Natsamrat ( The King of Theater or The Emperor of Actors) is a 2018 Indian Gujarati-language drama film starring Siddharth Randeria and Deepika Chikhalia in the leading role. The film is the remake of Marathi film of the same name starring Nana Patekar, which is based on Marathi play by V. V. Shirwadkar. Before making it to the big screen, Randeria has adopted the screen play to a Gujarati-language stage play named Amari Duniya, Tamari Duniya in 2007, with many known faces of Gujarati theatre including Randeria himself, Jimmit Trivedi, and Disha Savla-Upadhyay.
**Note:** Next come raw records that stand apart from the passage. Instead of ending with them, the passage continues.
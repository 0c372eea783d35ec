//! Rectangles: their refusals, their equality, their areas and what two have in common.

use fill_base::{HIGHEST, LOWEST, Rect, RectError};
use std::test::Fail;

#[test]
fn the_first_fault_of_four_numbers_is_refused(rt: HostRuntime) {
    for (corners, want) in [
        ([LOWEST - 1, 0, 1, 1], RectError::OutOfRange),
        ([0, 0, 1, HIGHEST + 1], RectError::OutOfRange),
        ([5, 0, 5, HIGHEST + 1], RectError::OutOfRange),
        ([5, 0, 5, 1], RectError::BadRect),
        ([0, 6, 1, 5], RectError::BadRect),
    ] {
        let [x1, y1, x2, y2] = corners;
        assert_eq!(rt; Rect::new(x1, y1, x2, y2), Err(want), "{corners:?}");
    }
}

#[test]
fn each_refusal_says_why(rt: HostRuntime) -> Result<(), Fail> {
    let alloc = rt.alloc();
    let range = format!(in alloc; "{}", RectError::OutOfRange)?;
    assert_eq!(rt; range.as_str(), "a coordinate is out of range");
    let none = format!(in alloc; "{}", RectError::BadRect)?;
    assert_eq!(rt; none.as_str(), "the rectangle holds no square");
    Ok(())
}

#[test]
fn rectangles_are_equal_where_all_edges_are(rt: HostRuntime) -> Result<(), Fail> {
    let wire = Rect::new(-3, 2, 4, 5)?;
    assert!(rt; wire == Rect::new(-3, 2, 4, 5)?);
    for corners in [[-2, 2, 4, 5], [-3, 1, 4, 5], [-3, 2, 5, 5], [-3, 2, 4, 6]] {
        let [x1, y1, x2, y2] = corners;
        assert!(rt; wire != Rect::new(x1, y1, x2, y2)?);
    }
    Ok(())
}

#[test]
fn a_rectangle_may_fill_the_range(rt: HostRuntime) -> Result<(), Fail> {
    let all = Rect::new(LOWEST, LOWEST, HIGHEST, HIGHEST)?;
    assert_eq!(rt; all.area(), 1 << 62);
    let wire = Rect::new(-3, 2, 4, 5)?;
    assert_eq!(rt; [wire.x1(), wire.y1(), wire.x2(), wire.y2()], [-3, 2, 4, 5]);
    assert_eq!(rt; wire.area(), 21);
    assert_eq!(rt; all.clip(&wire), Some(wire));
    Ok(())
}

#[test]
fn rectangles_that_only_touch_share_no_square(rt: HostRuntime) -> Result<(), Fail> {
    let wire = Rect::new(0, 0, 10, 4)?;
    let crossing = Rect::new(7, -5, 20, 3)?;
    assert_eq!(rt; wire.clip(&crossing), Some(Rect::new(7, 0, 10, 3)?));
    assert_eq!(rt; crossing.clip(&wire), Some(Rect::new(7, 0, 10, 3)?));
    assert_eq!(rt; wire.clip(&Rect::new(10, 0, 12, 4)?), None);
    assert_eq!(rt; wire.clip(&Rect::new(0, 4, 10, 5)?), None);
    Ok(())
}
The story of the film is about an actor who has reached many heights in his career, but has to retire from acting at the peak.

==Cast==
- Siddharth Randeria as Harindra Pathak
- Deepika Chikhalia as Mangala Pathak
- Manoj Joshi as Madhav
- Samvedna Suwalka as Neha
- Tasneem Sheikh as Jigna
- Hemang Vyas as Makrand

==Release==
This film was released in theatres on 30 August 2018.

==Reception==
The Times of India gave this movie 4 out of 5 stars. As per the ticket booking site Bookmyshow, the film earned around ₹2 crore.